Let $A$ be a ring and let $N\subseteq M$ be two $A$-modules. If $M/N$ and $N$ are finitely generated $A$-modules, is it true that $M$ is finitely generated?
If, under the hypothesis above, $M$ is not finitely generated, assume that $S\subseteq M$ is a set of generators for $M$. Called $\overline S$ the image of $S$ in $M/N$, we have a finite $\overline T\subset \overline S$ that generates $M/N$. If, for every $\bar t\in \overline T$, we choose a $t\in M$ such that its image in $M/N$ is $\bar t$, and call $T$ the set of such $t$, it's clear that every $x\in M $ is congruent modulo $N$ to a linear combination of elements in $T$. This means that, assuming that $U$ is a finite set of generators of $N$, the set $T\cup U$ is finite and generates $M$.

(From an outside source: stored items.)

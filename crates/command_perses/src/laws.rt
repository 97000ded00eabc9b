//! What `check` finds of a run. A caller calls a law, which does nothing, so that its proof has it. It is
//! given for the verdicts that a gate of this type may say.

ghost use Rattle.command_perses.specs.Confirmed.{ResultsAreConfirmed};

use cert_check::finished_runs_are_confirmed;
use line_guard::nothing_is_protected;
use script_gate_trait::Gate;

/// The result and the journal of a run that came to its result are confirmed, where no lines were named
/// that must stay.
pub(crate) fn results_are_confirmed<G: Gate>()
    ensures { ResultsAreConfirmed G.may_say }
{
    finished_runs_are_confirmed();
    nothing_is_protected();
}
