//! Finds so many times whether a text without two of its tokens keeps the others, and prints how often
//! pieces are read for it: `bench_joins TEXT TIMES` by the grammar Mini. `bench/joins` runs it and takes
//! the times.
#![tactic(auto)]

ghost use Rattle.std.specs.Prelude.{◌<◌, ◌-◌, ◌^◌, IfOk, length, map};
ghost use Rattle.std.specs.Str.{chars};
ghost use Rattle.lexer.specs.Pieces.{ArePiecesOf};
ghost use Rattle.lexer.specs.Tokens.{HasTokens, token_of};

use anyhow::{Result, bail};
use lexer::{LexReader, Lexer, Pieces, Tokens};
use std::alloc::Global;
use std::{env, fs};
use test_grammars::checked;
use test_grammars::grammars::MINI;
use token_print::{Style, are_kept, keeps_printed, print};

/// The tokens of the text.
fn tokens_of(lexer: &Lexer, text: &str) -> Result<Tokens>
    requires { length text.now < 2 ^ 32 - 1 }
    ensures { IfOk result (λ tokens. HasTokens lexer.now.grammar (chars text.now) (map token_of tokens.items.items)) }
{
    match lexer.lex(text) {
        Ok(tokens) => Ok(tokens),
        Err(fault) => bail!("{fault}"),
    }
}

/// The pieces of the text.
fn pieces_of(lexer: &Lexer, text: &str) -> Result<Pieces>
    requires { length text.now < 2 ^ 32 - 1 }
    ensures { IfOk result (ArePiecesOf lexer.now.grammar text.now) }
{
    match lexer.pieces(text) {
        Ok(pieces) => Ok(pieces),
        Err(fault) => bail!("{fault}"),
    }
}

/// The numbers of so many tokens without those after one third and two thirds of them, which makes two
/// joins.
fn kept_of(alloc: Global, many: u32) -> Result<Vec<u32>> {
    let mut kept = Vec::new(alloc);
    for number in 0..many {
        if number != many / 3 && number != many / 3 * 2 {
            kept.push(number)?;
        }
    }
    Ok(kept)
}

/// How often pieces are read for the text of these tokens, which is looked at so many times.
fn read_for(alloc: Global, lexer: &Lexer, text: &str, times: u32) -> Result<u64>
    requires { length text.now < 2 ^ 32 - 1 }
{
    let tokens = tokens_of(lexer, text)?;
    let pieces = pieces_of(lexer, text)?;
    if tokens.items.len() > u32::MAX as usize {
        bail!("too many tokens");
    }
    let kept = kept_of(alloc, tokens.items.len() as u32)?;
    if !are_kept(&tokens, &kept) {
        bail!("no such tokens");
    }
    let printed = print(alloc, text, &tokens, lexer, &kept, Style::AsWas)?;
    if printed.len() >= u32::MAX as usize {
        bail!("too long");
    }
    let mut reads = 0;
    for _ in 0..times {
        let mut reader = LexReader::new(lexer);
        if !keeps_printed(
            text,
            &pieces,
            &tokens,
            &kept,
            Style::AsWas,
            &printed,
            &mut reader,
        )? {
            bail!("the tokens aren't kept");
        }
        reads = reader.reads();
    }
    Ok(reads)
}

/// The lexer of the grammar Mini.
fn mini_lexer(alloc: Global) -> Result<Lexer> {
    match checked(alloc, MINI, None) {
        Ok(checked) => Ok(Lexer::build(alloc, &checked)?),
        Err(refused) => bail!("the grammar is refused: {refused:?}"),
    }
}

/// How often pieces are read for what the words of the command line ask for.
fn reads(rt: &HostRuntime, alloc: Global, words: &[String]) -> Result<u64> {
    if words.len() != 3 {
        bail!("give the name of a text, and how often it is looked at");
    }
    let times = words[2].as_str().parse::<u32>()?;
    let text = fs::read_to_string(rt, words[1].as_str())?;
    if text.len() >= u32::MAX as usize {
        bail!("the file is too long");
    }
    let lexer = mini_lexer(alloc)?;
    read_for(alloc, &lexer, text.as_str(), times)
}

fn main(rt: HostRuntime) -> Result<()> {
    let alloc = rt.alloc();
    let words: Vec<String> = env::args(&rt)?.collect(alloc)?;
    let reads = reads(&rt, alloc, &words)?;
    println!(rt; "{reads} reads")?;
    Ok(())
}
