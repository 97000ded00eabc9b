//! Trees that are left, as text.

ghost use Rattle.std.specs.Prelude.{map};
ghost use Rattle.std.specs.Str.{chars};
ghost use Rattle.lexer.specs.Tokens.{HasTokens, token_of};
ghost use Rattle.syntax_tree_cut.specs.Cuts.{IsCutOf};

use crate::case::Case;
use crate::node::Description;
use anyhow::{Result, bail};
use faults::Memory;
use normal_form::Sym;
use std::alloc::Global;
use syntax_tree::Tree;
use syntax_tree_cut::Cut;
use token_print::{Style, are_kept, print};

/// The greatest number of nodes of a tree that is shown node by node.
const SHOWN_NODES: usize = 200;

/// The greatest number of nodes of a parsed tree of which it is counted how many are left. Each is looked
/// for from the root on, so that the time is that number times the depth.
const COUNTED_NODES: usize = 2000;

/// What is still to be written of a tree.
#[derive(Clone, Copy)]
enum Part {
    Node(u32),
    Close,
}

/// A symbol: a letter for its sort, and its number.
fn symbol_shown(alloc: Global, symbol: Sym) -> Result<String> {
    match symbol {
        Sym::Kind(kind) => Ok(format!(in alloc; "k{kind}")?),
        Sym::Set(set) => Ok(format!(in alloc; "s{set}")?),
        Sym::Rule(rule) => Ok(format!(in alloc; "r{rule}")?),
    }
}

/// The slot of a node that is left, where it isn't the node's own symbol.
fn slot_shown(case: &Case<'_>, node: u32, slot: Sym) -> Result<String> {
    if let Some(entry) = case.tree.nodes().get(node as usize) {
        if entry.sym == slot {
            return Ok(String::new(case.alloc));
        }
    }
    let slot = symbol_shown(case.alloc, slot)?;
    Ok(format!(in case.alloc; "@{slot}")?)
}

/// Adds what comes after a node to what is still to be written: its children, and a bracket.
fn push_parts(children: &[u32], parts: &mut Vec<Part>) -> Result<(), Memory> {
    parts.push(Part::Close)?;
    for child in children.iter().rev() {
        parts.push(Part::Node(*child))?;
    }
    Ok(())
}

/// A token's number, where there is one.
fn token_shown(alloc: Global, token: Option<u32>) -> Result<String> {
    match token {
        Some(token) => Ok(format!(in alloc; "#{token}")?),
        None => Ok(String::new(alloc)),
    }
}

/// Writes a node that is left: its number, its slot where that is another symbol than its own, its
/// weight, and its first token where it has one.
fn write_left(
    case: &Case<'_>,
    node: u32,
    found: &Description,
    parts: &mut Vec<Part>,
    text: &mut String,
) -> Result<()> {
    let slot = slot_shown(case, node, found.slot)?;
    let token = token_shown(case.alloc, found.first_token)?;
    text.push_str(format!(in case.alloc; " {node}{slot}:{}{token}", found.weight)?.as_str())?;
    if !found.children.is_empty() {
        text.push_str(" (")?;
        push_parts(&found.children, parts)?;
    }
    Ok(())
}

/// Writes what comes next of a tree.
fn write_part(
    case: &Case<'_>,
    cut: &Cut,
    part: Part,
    parts: &mut Vec<Part>,
    text: &mut String,
) -> Result<()>
    requires { IsCutOf case.now.tree cut.now }
{
    let Part::Node(node) = part else {
        text.push_str(" )")?;
        return Ok(());
    };
    match case.describe(cut, node)? {
        Some(found) => write_left(case, node, &found, parts, text),
        None => bail!("a child that isn't left: {node}"),
    }
}

/// Refuses to go on where other nodes are left than those that were shown.
fn compare_count(tree: &Tree, cut: &Cut, shown: usize) -> Result<()>
    requires { IsCutOf tree.now cut.now }
{
    if tree.nodes().len() > COUNTED_NODES {
        return Ok(());
    }
    let mut count = 0usize;
    for number in 0..tree.nodes().len() as u32 {
        if cut.is_left(tree, number) {
            count = count.saturating_add(1);
        }
    }
    if count != shown {
        bail!("{count} nodes are left, and {shown} are in the tree");
    }
    Ok(())
}

/// The tree that is left as brackets; None where it has too many nodes.
fn tree_shown(case: &Case<'_>, cut: &Cut) -> Result<Option<String>>
    requires { IsCutOf case.now.tree cut.now }
{
    let mut text = String::new(case.alloc);
    let mut parts = Vec::new(case.alloc);
    parts.push(Part::Node(cut.root(&case.tree)))?;
    let mut shown = 0usize;
    for _ in 0..u32::MAX {
        let Some(part) = parts.pop() else {
            break;
        };
        if matches!(part, Part::Node(_)) {
            if shown >= SHOWN_NODES {
                return Ok(None);
            }
            shown = shown.saturating_add(1);
        }
        write_part(case, cut, part, &mut parts, &mut text)?;
    }
    compare_count(&case.tree, cut, shown)?;
    Ok(Some(text))
}

/// The text of the tokens that are left, as it was and squeezed.
fn text_shown(case: &Case<'_>, kept: &[u32]) -> Result<String>
    requires { HasTokens case.now.language.now.lexer.grammar (chars case.now.text.now) (map token_of case.now.tokens.items.items) }
{
    let alloc = case.alloc;
    let tokens = &case.tokens;
    let lexer = &case.language.lexer;
    if !are_kept(tokens, kept) {
        bail!("no such tokens");
    }
    let as_was = print(alloc, case.text, tokens, lexer, kept, Style::AsWas)?;
    let squeezed = print(alloc, case.text, tokens, lexer, kept, Style::Squeezed)?;
    let as_was = str::from_utf8(&as_was)?;
    let squeezed = str::from_utf8(&squeezed)?;
    Ok(format!(in alloc; "{as_was:?} {squeezed:?}")?)
}

/// A tree that is left: its texts and its nodes, or how many tokens it has where it is large.
pub(crate) fn cut_shown(case: &Case<'_>, cut: &Cut) -> Result<String>
    requires of { IsCutOf case.now.tree cut.now }
    requires tokens { HasTokens case.now.language.now.lexer.grammar (chars case.now.text.now) (map token_of case.now.tokens.items.items) }
{
    let kept = cut.kept_tokens(case.alloc, &case.tree)?;
    let Some(shown) = tree_shown(case, cut)? else {
        return Ok(format!(in case.alloc; "many nodes, {} tokens", kept.len())?);
    };
    let text = text_shown(case, &kept)?;
    Ok(format!(in case.alloc; "{text}{shown}")?)
}

/// The whole tree: its text and its nodes, or its counts where it is large.
pub(crate) fn whole_shown(case: &Case<'_>, cut: &Cut) -> Result<String>
    requires of { IsCutOf case.now.tree cut.now }
    requires tokens { HasTokens case.now.language.now.lexer.grammar (chars case.now.text.now) (map token_of case.now.tokens.items.items) }
{
    let nodes = case.tree.nodes().len();
    if nodes > SHOWN_NODES {
        let tokens = case.tokens.items.len();
        return Ok(format!(in case.alloc; "{nodes} nodes, {tokens} tokens")?);
    }
    cut_shown(case, cut)
}
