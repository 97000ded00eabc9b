//! Texts with their trees.

use cases_answers::Language;
use compat_table::Compat;
use lexer::Tokens;
use std::alloc::Global;
use syntax_tree::Tree;

/// A text with its tokens and its tree, and what fits what in its grammar.
#[derive(Drop)]
pub(crate) struct Case<'a> {
    pub(crate) alloc: Global,
    pub(crate) language: &'a Language,
    pub(crate) text: &'a str,
    pub(crate) tokens: Tokens,
    pub(crate) tree: Tree,
    pub(crate) compat: Compat,
}
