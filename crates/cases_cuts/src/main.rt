//! Prints what edits leave of the trees of small texts, for the gate to compare.
//!
//! `grammar NAME` takes the grammar of that name, or in the file NAME, for the rows after it.
//! `case TEXT / EDIT / EDIT ..` parses the text, and makes one edit after another: `delete LIST
//! ELEMENT`, `empty OPTIONAL` and `replace NODE BY`. `nested COUNT OPEN INNER CLOSE / EDIT ..` does so
//! for a nested text. Nodes are named by their numbers in the parsed tree: from 0, each before those
//! below it, from left to right. An edit that can't be made is refused, and nothing is changed.
//!
//! After each edit is printed whether it was made, and what is left: the text as it was and squeezed;
//! and the nodes, each with its number, `@` and its slot where that isn't its own symbol (a letter for
//! kind, set or rule, and its number), its weight, `#` and its first token where it has one, from 0 among
//! those of the text, and its children in brackets. Of more than 200 nodes only counts are printed, of
//! a tree after edits that of its tokens.
//!
//! `below NODE` among the edits changes nothing: it prints the numbers of what is left below the node,
//! level by level, and then those of them that fit the node's slot and have fewer tokens; or `not left`.
//!
//! `stdout` is worked out apart from the program, most of it by hand and the rest by a second program
//! of the definitions: the nodes of a text are written down by the rules of its grammar's normal form,
//! and numbered; an edit strikes some of them out; the tokens that are left give the text, the weights
//! and the first tokens. None of it comes from a run.
#![tactic(auto)]

mod case;
mod descendants;
mod edit;
mod edit_text;
mod node;
mod showing;

ghost use Rattle.std.specs.Prelude.{◌≡◌, map};
ghost use Rattle.std.specs.Str.{chars};
ghost use Rattle.lexer.specs.Tokens.{HasTokens, token_of};
ghost use Rattle.syntax_tree_cut.specs.Cuts.{IsCutOf};

use crate::case::Case;
use crate::edit::make;
use crate::edit_text::{edit_of, number_of};
use crate::showing::{cut_shown, whole_shown};
use anyhow::{Result, bail};
use cases_answers::{Language, kinds_of, start_tree};
use compat_table::compat;
use std::alloc::Global;
use std::fs;
use syntax_tree_cut::Cut;
use test_grammars::grammars::STATEMENTS;

/// The numbers below a node in level order, and those of them that can take its position.
fn below_shown(case: &Case<'_>, cut: &Cut, node: u32) -> Result<String>
    requires of { IsCutOf case.now.tree cut.now }
    requires compat { case.now.compat ≡ case.now.tree.form }
{
    match case.nodes_below(cut, node)? {
        Some(below) => Ok(format!(in case.alloc; "{:?} {:?}", below.all, below.compatible)?),
        None => Ok(String::from_str(case.alloc, "not left")?),
    }
}

/// Answers a step: prints what is below a node, or makes an edit and prints what is left.
fn show_step(rt: &HostRuntime, case: &Case<'_>, cut: &mut Cut, step: &str) -> Result<()>
    requires of { IsCutOf case.now.tree cut.old }
    requires tokens { HasTokens case.now.language.now.lexer.grammar (chars case.now.text.now) (map token_of case.now.tokens.items.items) }
    requires compat { case.now.compat ≡ case.now.tree.form }
    ensures { IsCutOf case.now.tree cut.new }
{
    if let Some(node) = step.strip_prefix("below ") {
        let below = below_shown(case, cut, number_of(node)?)?;
        println!(rt; "    {step}: {below}")?;
        return Ok(());
    }
    let edit = edit_of(case.alloc, step)?;
    let made = make(&case.tree, cut, &case.compat, edit);
    let left = cut_shown(case, cut)?;
    let answer = if made { "made" } else { "refused" };
    println!(rt; "    {step}: {answer}\n    {left}")?;
    Ok(())
}

/// Prints the whole tree, and answers the steps one after another.
fn show_steps(rt: &HostRuntime, case: &Case<'_>, steps: &[&str]) -> Result<()>
    requires tokens { HasTokens case.now.language.now.lexer.grammar (chars case.now.text.now) (map token_of case.now.tokens.items.items) }
    requires compat { case.now.compat ≡ case.now.tree.form }
{
    let mut cut = Cut::new(case.alloc, &case.tree)?;
    let whole = whole_shown(case, &cut)?;
    println!(rt; "    {whole}")?;
    for step in steps {
        show_step(rt, case, &mut cut, step)?;
    }
    Ok(())
}

/// Parses the text, and answers the steps.
fn show_case(
    rt: &HostRuntime,
    alloc: Global,
    language: &Language,
    text: &str,
    steps: &[&str],
) -> Result<()> {
    let tokens = language.tokens(text)?;
    let kinds = kinds_of(alloc, &tokens)?;
    let normal = &language.normal;
    let Some(tree) = start_tree(alloc, normal, &kinds)? else {
        println!(rt; "    no tree")?;
        return Ok(());
    };
    let compat = compat(alloc, normal)?;
    let case = Case {
        alloc,
        language,
        text,
        tokens,
        tree,
        compat,
    };
    show_steps(rt, &case, steps)
}

/// The text so many times.
fn repeated(alloc: Global, text: &str, count: u32) -> Result<String> {
    let mut repeated = String::new(alloc);
    for _ in 0..count {
        repeated.push_str(text)?;
    }
    Ok(repeated)
}

/// So many of a text, another one, and as many of a third one.
fn nested_text(alloc: Global, words: &str) -> Result<String> {
    let words: Vec<&str> = words.split_whitespace().collect(alloc)?;
    let [count, open, inner, close] = words.as_slice() else {
        bail!("give the count, and what opens, is inside and closes");
    };
    let count = number_of(count)?;
    let open = repeated(alloc, open, count)?;
    let close = repeated(alloc, close, count)?;
    Ok(format!(in alloc; "{open}{inner}{close}")?)
}

/// The grammar of this name, or else in the file of this name.
fn language_named(rt: &HostRuntime, alloc: Global, name: &str) -> Result<Language> {
    if name == "Statements" {
        return Ok(Language::new(alloc, STATEMENTS)?);
    }
    Ok(Language::new(alloc, fs::read_to_string(rt, name)?.as_str())?)
}

/// Answers a row about texts.
fn show_row(
    rt: &HostRuntime,
    alloc: Global,
    language: &Language,
    question: &str,
    text: &str,
) -> Result<()> {
    let parts: Vec<&str> = text.split(" / ").collect(alloc)?;
    let [start, steps @ ..] = parts.as_slice() else {
        bail!("no text: {text}");
    };
    if question == "nested" {
        let nested = nested_text(alloc, start)?;
        return show_case(rt, alloc, language, nested.as_str(), steps);
    }
    show_case(rt, alloc, language, start, steps)
}

/// Prints the line, and then takes the grammar that it names, or answers the row.
fn answer_line(rt: &HostRuntime, alloc: Global, language: &mut Language, line: &str) -> Result<()> {
    println!(rt; "{line}")?;
    let (question, text) = line.split_once(' ').unwrap_or((line, ""));
    if question != "grammar" {
        return show_row(rt, alloc, language, question, text);
    }
    *language = language_named(rt, alloc, text)?;
    Ok(())
}

/// Answers the lines of the input, one after another.
fn answer_lines(rt: &HostRuntime, alloc: Global, language: &mut Language) -> Result<()> {
    for line in rt.lines(alloc) {
        answer_line(rt, alloc, language, line?.as_str())?;
    }
    Ok(())
}

fn main(rt: HostRuntime) -> Result<()> {
    let alloc = rt.alloc();
    let mut language = Language::new(alloc, "grammar G; a : 'a' ;")?;
    answer_lines(&rt, alloc, &mut language)
}
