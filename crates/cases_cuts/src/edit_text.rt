//! Edits of trees, as text.

use crate::edit::Edit;
use anyhow::{Result, bail};
use std::alloc::Global;

/// The number that the word spells.
pub(crate) fn number_of(word: &str) -> Result<u32> {
    Ok(word.parse::<u32>()?)
}

/// The edit of two words: its name and its last argument.
fn edit_of_two(name: &str, last: &str) -> Result<Edit> {
    match name {
        "empty" => Ok(Edit::Empty {
            node: number_of(last)?,
        }),
        _ => bail!("no edit with one argument: {name}"),
    }
}

/// The edit of three words.
fn edit_of_three(name: &str, first: &str, last: &str) -> Result<Edit> {
    let first = number_of(first)?;
    match name {
        "delete" => Ok(Edit::Delete {
            list: first,
            element: number_of(last)?,
        }),
        "replace" => Ok(Edit::Replace {
            node: first,
            by: number_of(last)?,
        }),
        _ => bail!("no edit with two arguments: {name}"),
    }
}

/// The edit that the text spells.
pub(crate) fn edit_of(alloc: Global, text: &str) -> Result<Edit> {
    let words: Vec<&str> = text.split_whitespace().collect(alloc)?;
    match words.as_slice() {
        [name, last] => edit_of_two(name, last),
        [name, first, last] => edit_of_three(name, first, last),
        _ => bail!("no edit: {text}"),
    }
}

Is this proof ok? I wouldn't be surprised if I missed something. Is this fact equivalent to say that, if an exact sequence $$0\to M'\to M\to M''\to 0$$ of $A$-modules, $M'$ and $M''$ are finitely generated, also $M$ is? (Exercise 2.9 of Atiyah-Macdonald)
You are right about the exact sequence. Your argument is mostly correct but a little flawed: it is not true in general that if a module is finitely generated, then any generating set has a finite generating subset (that is true for Noetherian modules, so for instance it is true over Noetherian rings). So the existence of $\overline{T}\subset \overline{S}$ in your proof is not guaranteed.
This being said, you may notice that your proof does not actually use $S$ at any point, so you may just start with any $\overline{T}$ which generates $M/N$.